4th Chief Justice of Jharkhand High Court
- In office 4 December 2005 – 9 June 2006
- Nominated by: Y. K. Sabharwal
- Appointed by: A. P. J. Abdul Kalam
- Preceded by: Altamas Kabir; S. J. Mukhopadhaya (acting);
- Succeeded by: M. Karpaga Vinayagam; S. J. Mukhopadhaya (acting); M. Y. Eqbal (acting);

Judge of Madras High Court
- In office 5 March 1999 – 3 December 2005
- Nominated by: A. S. Anand
- Appointed by: K. R. Narayanan
- Acting Chief Justice
- In office 11 October 2005 – 11 November 2005
- Appointed by: A. P. J. Abdul Kalam
- Preceded by: Markandey Katju
- Succeeded by: A. P. Shah

Judge of Kerala High Court
- In office 30 November 1994 – 4 March 1999
- Nominated by: A. M. Ahmadi
- Appointed by: S. D. Sharma

Judge of Madras High Court
- In office 17 October 1994 – 29 November 1994
- Nominated by: M. N. Venkatachaliah
- Appointed by: S. D. Sharma

Personal details
- Born: 10 June 1944 (age 82)
- Education: B.A. and LL.B

= Nelavoy Dhinakar =

Indian judge (born 1944)

Nelavoy Dhinakar (born 10 June 1944) is a retired Indian judge and former Chief Justice of Jharkhand High Court.

==Career==
Dhinakar was born in 1944. He passed B.A., B.L. and was enrolled as an advocate on 31 January 1968. Dhinakar practised in the Madras High Court on criminal and constitutional matters.
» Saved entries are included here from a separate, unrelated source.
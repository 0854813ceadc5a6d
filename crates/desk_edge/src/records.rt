ghost use Rattle.std.specs.Prelude.{◌≡◌, ◌+◌, ◌<◌, ◌≤◌, IfOk, Some, option_copied, slice_get, vec_capacity, vec_len};
ghost use Rattle.std.specs.List.{find};
ghost use Rattle.desk_edge.specs.Content.{is_past, key_cmp, key_of};
ghost use Rattle.desk_edge.specs.Stores.{records_with, records_with_all};
ghost use Rattle.desk_rows.specs.Rows.{IsByKey, with_row, without_row};

use crate::change::Change;
use crate::key::Key;
use crate::record::Record;
use desk_rows::{Keyed, place_of_key, place_of_row};
use desk_text::OutOfMemory;
use std::alloc::Global;

/// The first record past the key, or the first of all where no key is given, once more. It takes a binary search.
pub(crate) fn copied_past(
    alloc: Global,
    records: &[Record],
    after: Option<&Key>,
) -> Result<Option<Record>, OutOfMemory>
    requires { IsByKey key_of key_cmp records.now }
    ensures { IfOk result (λ found. found ≡ find (λ kept. is_past (option_copied after.entry) (key_of kept)) records.now) }
{
    match first_past(records, after) {
        Some(found) => Ok(Some(found.copied(alloc)?)),
        None => Ok(None),
    }
}

/// The first record past the key, or the first of all where no key is given. It takes a binary search.
fn first_past<'a>(records: &'a [Record], after: Option<&Key>) -> Option<&'a Record>
    requires { IsByKey key_of key_cmp records.now }
    ensures { option_copied result ≡ find (λ kept. is_past (option_copied after.entry) (key_of kept)) records.now }
{
    match after {
        Some(key) => records.get(place_past(records, key)),
        None => records.first(),
    }
}

/// The place of the first record past the key, or the place behind them all.
fn place_past(records: &[Record], key: &Key) -> usize
    requires { IsByKey key_of key_cmp records.now }
    ensures { slice_get records.now result ≡ find (λ kept. is_past (Some key.now) (key_of kept)) records.now }
{
    records.partition_point(|record| record.compare(key).is_le())
}

/// The changes once more.
pub(crate) fn copied_all(alloc: Global, batch: &[Change]) -> Result<Vec<Change>, OutOfMemory>
    ensures { IfOk result (λ copy. copy.items ≡ batch.now) }
{
    let mut copy = Vec::with_capacity(alloc, batch.len())?;
    for change in batch {
        copy.push_reserved(change.copied(alloc)?);
    }
    Ok(copy)
}

/// The records once more.
pub(crate) fn copied_records(alloc: Global, records: &[Record]) -> Result<Vec<Record>, OutOfMemory>
    ensures { IfOk result (λ copy. copy.items ≡ records.now) }
{
    let mut copy = Vec::with_capacity(alloc, records.len())?;
    for record in records {
        copy.push_reserved(record.copied(alloc)?);
    }
    Ok(copy)
}

/// Makes all the changes, one after the other, where there is room for as many records more.
pub(crate) fn make_all(records: &mut Vec<Record>, changes: Vec<Change>)
    requires by_key { IsByKey key_of key_cmp records.old.items }
    requires room { vec_len records.old + vec_len changes ≤ vec_capacity records.old }
    ensures records { records.new.items ≡ records_with_all changes.items records.old.items }
    ensures by_key { IsByKey key_of key_cmp records.new.items }
{
    for change in changes {
        make(records, change);
    }
}

/// Makes a change, where there is room for one record more.
fn make(records: &mut Vec<Record>, change: Change)
    requires by_key { IsByKey key_of key_cmp records.old.items }
    requires room { vec_len records.old < vec_capacity records.old }
    ensures records { records.new.items ≡ records_with change records.old.items }
    ensures by_key { IsByKey key_of key_cmp records.new.items }
    ensures len { vec_len records.new ≤ vec_len records.old + 1 }
    ensures capacity { vec_capacity records.new ≡ vec_capacity records.old }
{
    match change {
        Change::Put(record) => put(records, record),
        Change::Drop(key) => take_out(records, &key),
    }
}

/// Puts the record in its place, where there is room for one record more.
fn put(records: &mut Vec<Record>, new: Record)
    requires by_key { IsByKey key_of key_cmp records.old.items }
    requires room { vec_len records.old < vec_capacity records.old }
    ensures records { records.new.items ≡ with_row key_of key_cmp new records.old.items }
    ensures by_key { IsByKey key_of key_cmp records.new.items }
    ensures len { vec_len records.new ≤ vec_len records.old + 1 }
    ensures capacity { vec_capacity records.new ≡ vec_capacity records.old }
{
    match place_of_row(records.as_slice(), &new) {
        Ok(at) => records[at] = new,
        Err(at) => {
            let entered = records.insert(at, new);
            prove!(entered.is_ok());
        }
    }
}

/// Takes out the record of this key, where there is one.
fn take_out(records: &mut Vec<Record>, key: &Key)
    requires by_key { IsByKey key_of key_cmp records.old.items }
    ensures records { records.new.items ≡ without_row key_of key_cmp key.now records.old.items }
    ensures by_key { IsByKey key_of key_cmp records.new.items }
    ensures len { vec_len records.new ≤ vec_len records.old }
    ensures capacity { vec_capacity records.new ≡ vec_capacity records.old }
{
    if let Ok(at) = place_of_key(records.as_slice(), key) {
        drop(records.remove(at));
    }
}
He was appointed additional public prosecutor, special public prosecutor and Government advocate in the High Court in 1977. On 17 October 1994 Dhinakar became permanent judge of the Madras High Court. On 30 November 1994 he was transferred to the Kerala High Court thereafter back to the Madras High Court on 5 March 1999. He also performed as the acting Chief Justice of this High Court. On 4 December 2005 he was appointed the Chief Justice of the Jharkhand High Court after Justice Altamas Kabir. Justice Dhinakar retired on 10 June 2006. He was the Chairperson of Kerala State Human Rights Commission from 2006 to 2011.